* You are viewing Posts Tagged ‘Text Mining’

Text Mining the Republic of Letters

Podcast available on the seminar page!

In the fourth paper of our seminar series on Thursday 17 May, Dr Glenn Roe – formerly of the University of Chicago, and current Mellon Fellow in Digital Humanities at Oxford’s OERC – gave a sophisticated and suggestive paper on ‘Text-Mining Electronic Enlightenment: Influence and Intertextuality in the Eighteenth-Century Republic of Letters’.

.
Building on his recent work with the Electronic Enlightenment corpus and other online repositories of long-form historical text, Glenn started his talk by observing the irony that the recent efflorescence of big data, culturomics, network analysis, and other quantitative approaches to culture – focusing in many cases on the macro interpretation of metadata over content – has authorized and promoted a convention of ‘not reading’ within the digital humanities, in which historical texts themselves can be marginalized or effaced altogether by the superabundance of information.

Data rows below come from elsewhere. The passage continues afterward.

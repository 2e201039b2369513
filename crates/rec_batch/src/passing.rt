// Going past the parts of a record, without memory: what follows a part, or nothing where it isn't there.
ghost use Rattle.std.specs.Prelude.{◌≡◌};
ghost use Rattle.std.specs.Option.{option_copied, option_map};
ghost use Rattle.flex_fields.specs.Reading.{unzigzag};
ghost use Rattle.rec_batch.specs.Passing.{all_headers_in, body_in, byte_in, content_in, counted_in, headers_in};
ghost use Rattle.rec_batch.specs.Passing.{nullable_in, record_in, some_headers_in, split_in, varint_in, varlong_in};

use flex_fields::Cursor;

// The signed number of one byte.
#[tactic(auto, unfolding(flex_fields::specs::Reading::unzigzag))]
fn signed(byte: u8) -> i32
    ensures { result ≡ unzigzag byte }
{
    if byte % 2 == 0 {
        i32::from(byte / 2)
    } else {
        -1 - i32::from(byte / 2)
    }
}

#[tactic(auto, unfolding(crate::specs::Passing::varint_in))]
fn any_varint(bytes: &[u8]) -> Option<(i32, &[u8])>
    ensures { option_map (λ x. (x.0, x.1.now)) result ≡ varint_in bytes.now }
{
    let mut cursor = Cursor::new(bytes);
    let number = cursor.take_varint().ok()?;
    Some((number, cursor.rest()))
}

#[tactic(auto, unfolding(crate::specs::Passing::varlong_in))]
fn any_varlong(bytes: &[u8]) -> Option<(i64, &[u8])>
    ensures { option_map (λ x. (x.0, x.1.now)) result ≡ varlong_in bytes.now }
{
    let mut cursor = Cursor::new(bytes);
    let number = cursor.take_varlong().ok()?;
    Some((number, cursor.rest()))
}

// A signed number of 32 bits. One of a single byte, as most are, takes a step.
#[tactic(auto, using(crate::proofs::ShortNumbers::varint_one))]
pub fn varint(bytes: &[u8]) -> Option<(i32, &[u8])>
    ensures { option_map (λ x. (x.0, x.1.now)) result ≡ varint_in bytes.now }
{
    match bytes.split_first() {
        Some((first, rest)) if *first < 128 => Some((signed(*first), rest)),
        _ => any_varint(bytes),
    }
}

#[tactic(auto, using(crate::proofs::ShortNumbers::varlong_one))]
pub fn varlong(bytes: &[u8]) -> Option<(i64, &[u8])>
    ensures { option_map (λ x. (x.0, x.1.now)) result ≡ varlong_in bytes.now }
{
    match bytes.split_first() {
        Some((first, rest)) if *first < 128 => Some((i64::from(signed(*first)), rest)),
        _ => any_varlong(bytes),
    }
}

#[tactic(auto, unfolding(crate::specs::Passing::byte_in))]
pub fn byte(bytes: &[u8]) -> Option<&[u8]>
    ensures { option_copied result ≡ byte_in bytes.now }
{
    match bytes {
        [] => None,
        [_, rest @ ..] => Some(rest),
    }
}

#[tactic(auto, unfolding(crate::specs::Passing::split_in))]
pub fn split(bytes: &[u8], count: i32) -> Option<(&[u8], &[u8])>
    ensures { option_map (λ x. (x.0.now, x.1.now)) result ≡ split_in count bytes.now }
{
    if count < 0 || bytes.len() < count as usize {
        return None;
    }
    Some(bytes.split_at(count as usize))
}

#[tactic(auto, unfolding(crate::specs::Passing::counted_in))]
fn counted(bytes: &[u8]) -> Option<&[u8]>
    ensures { option_copied result ≡ counted_in bytes.now }
{
    let (length, after) = varint(bytes)?;
    let (_, rest) = split(after, length)?;
    Some(rest)
}

#[tactic(auto, unfolding(crate::specs::Passing::content_in), using(crate::proofs::Contents::content_other))]
fn content(bytes: &[u8], length: i32) -> Option<&[u8]>
    ensures { option_copied result ≡ content_in length bytes.now }
{
    if length == -1 {
        return Some(bytes);
    }
    let (_, rest) = split(bytes, length)?;
    Some(rest)
}

#[tactic(auto, unfolding(crate::specs::Passing::nullable_in))]
pub fn nullable(bytes: &[u8]) -> Option<&[u8]>
    ensures { option_copied result ≡ nullable_in bytes.now }
{
    let (length, after) = varint(bytes)?;
    content(after, length)
}

// So many headers.
#[tactic(auto, using(crate::proofs::Contents::headers_next))]
fn headers(bytes: &[u8], count: u32) -> Option<&[u8]>
    ensures { option_copied result ≡ headers_in count bytes.now }
{
    let mut rest = bytes;
    for _ in 0..count {
        let value = counted(rest)?;
        rest = nullable(value)?;
    }
    Some(rest)
}

#[tactic(auto, unfolding(crate::specs::Passing::some_headers_in))]
fn some_headers(bytes: &[u8], count: i32) -> Option<&[u8]>
    ensures { option_copied result ≡ some_headers_in count bytes.now }
{
    if count < 0 {
        return None;
    }
    headers(bytes, count as u32)
}

#[tactic(auto, unfolding(crate::specs::Passing::all_headers_in))]
fn all_headers(bytes: &[u8]) -> Option<&[u8]>
    ensures { option_copied result ≡ all_headers_in bytes.now }
{
    let (count, after) = varint(bytes)?;
    some_headers(after, count)
}

// The offset delta of a record's body, which is all of the bytes.
#[tactic(auto, unfolding(crate::specs::Passing::body_in))]
fn body(bytes: &[u8]) -> Option<i32>
    ensures { result ≡ body_in bytes.now }
{
    let rest = byte(bytes)?;
    let (_, rest) = varlong(rest)?;
    let (delta, rest) = varint(rest)?;
    let rest = nullable(rest)?;
    let rest = nullable(rest)?;
    let rest = all_headers(rest)?;
    if rest.is_empty() { Some(delta) } else { None }
}

/// The offset delta of the record in front, and what follows it.
#[tactic(auto, unfolding(crate::specs::Passing::record_in))]
pub fn record(bytes: &[u8]) -> Option<(i32, &[u8])>
    ensures { option_map (λ x. (x.0, x.1.now)) result ≡ record_in bytes.now }
{
    let (length, after) = varint(bytes)?;
    let (content, rest) = split(after, length)?;
    let delta = body(content)?;
    Some((delta, rest))
}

The ready modelling of letters as a finite number of abstract datapoints (sender, recipient, and so on) and the vast quantities of diverse and often disorganized information exchanged within epistolary systems makes correspondence highly susceptible to such an approach.

roe_1

Glenn during discussion.

roe_2

Visualizing influence.

As a supplement to this ‘distant’ reading, Glenn went on to demonstrate the potential of the latest machine-learning technologies to render significant volumes of transcription meaningful via text mining and the automated creation of patterns, frequencies, statistical models, and other forms of ‘mediated’ or ‘directed’ reading. Glenn distinguished between three kinds of text mining: predictive classification (used to generate new categories from unprocessed texts); comparative classification (used to correct and refine existing categories within processed texts); and similarity (used to measure broader similarities between documents and parts of documents, especially in terms of the identification of meaningful borrowing and instances of intertextuality). He then demonstrated each kind of approach within a rich series of examples drawn from his work with the ARTFL Encyclopédie Project, and most recently Electronic Enlightenment, before concluding his analysis by presenting – with caveats – some preliminary radial visualizations of textual influence generated using the D3 JavaScript library.